- Born: 1872 Nashville, Tennessee
- Died: 1963 (aged 90–91)
- Education: Fisk University

= Minnie Lee Crosthwaite =

American community organizer, activist, and social worker

Minnie Lee Crosthwaite (1872–1963) was an American community organizer, women's rights activist, and social worker, one of the first Black social workers in Kansas City, MO.

== Biography ==
Minnie Lee Harris was born and raised in Nashville, Tennessee, and attended Fisk University; both her parents had been enslaved. She became a teacher and taught first grade for two years in her hometown, but left the workforce to marry Dr. David N. Crosthwaite, in 1899. Her husband was also an educator; he was the principal at Nashville's first all-Black high school at the time of their marriage. The couple moved to Kansas City, Missouri, in 1895 so that her husband could take a teaching position at Lincoln High School (now Lincoln College Preparatory Academy). Here he became, like his wife, active in a number of important social organizations that advocated for the rights and the education of African-American citizens. They had three children, and Minnie Crosthwaite started and owned both a beauty salon and a flower shop in Kansas City.

== Career ==
In 1920, Crosthwaite became a volunteer with the Provident Hospital Association. This began her career in the social services. She became a full time social worker in 1922, at the age of 50. She became the director of the Provident Hospital's outpatient clinic and worked in that role until 1947. Throughout her career she supported the hospital, including with an annual fashion fundraiser show that she first organized in 1918, with paid for such things as an X-ray machine and a home for the nurses who worked at the hospital.
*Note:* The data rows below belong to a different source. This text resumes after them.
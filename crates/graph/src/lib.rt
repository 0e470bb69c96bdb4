// Drinkers and the bottles that they share, two by two.
#![tactic(auto)]

pub mod ends;
pub mod graph;
pub mod neighbourhood;

pub use ends::Ends;
pub use graph::Graph;
pub use neighbourhood::Neighbourhood;
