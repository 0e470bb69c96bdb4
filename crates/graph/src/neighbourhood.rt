// Who is whose neighbour in a graph, as a table: what a diner keeps of the graph that it is made from.
ghost use Rattle.std.specs.Prelude.{◌≡◌, ℕ, ◌*◌, ◌<◌, ◌≤◌, true, ◌≢◌};
ghost use Rattle.graph.specs.Counting.{total, number};
ghost use Rattle.relations.specs.Related.{related};

use relations::Relation;

pub mod asking;

#[derive(Clone, Copy)]
pub struct Neighbourhood {
    drinkers: usize,
    bottles: usize,
    table: Relation,
    ghost some: { 1 ≤ drinkers },
    ghost few: { drinkers ≤ 16 },
    ghost room: { bottles ≤ 32 },
    ghost known: { (p q : ℕ) → related table p q ≡ true → (p < drinkers) × (q < drinkers) },
    ghost symmetric: { (p q : ℕ) → related table p q ≡ true → related table q p ≡ true },
    ghost irreflexive: { (p : ℕ) → related table p p ≢ true },
    ghost sparse: { total (λ p. number (related table p) drinkers) drinkers ≤ 2 * bottles },
}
Her annual fundraiser "became the biggest financial supporter for the hospital". Crosthwaite was active in a number of organizations including the NAACP and the YWCA, and was a prominent member of the Colored Women's League, for which she served as a city and state president. She died in 1963. She was later described as a women's activist and "a leader of the black women's club movement in the city".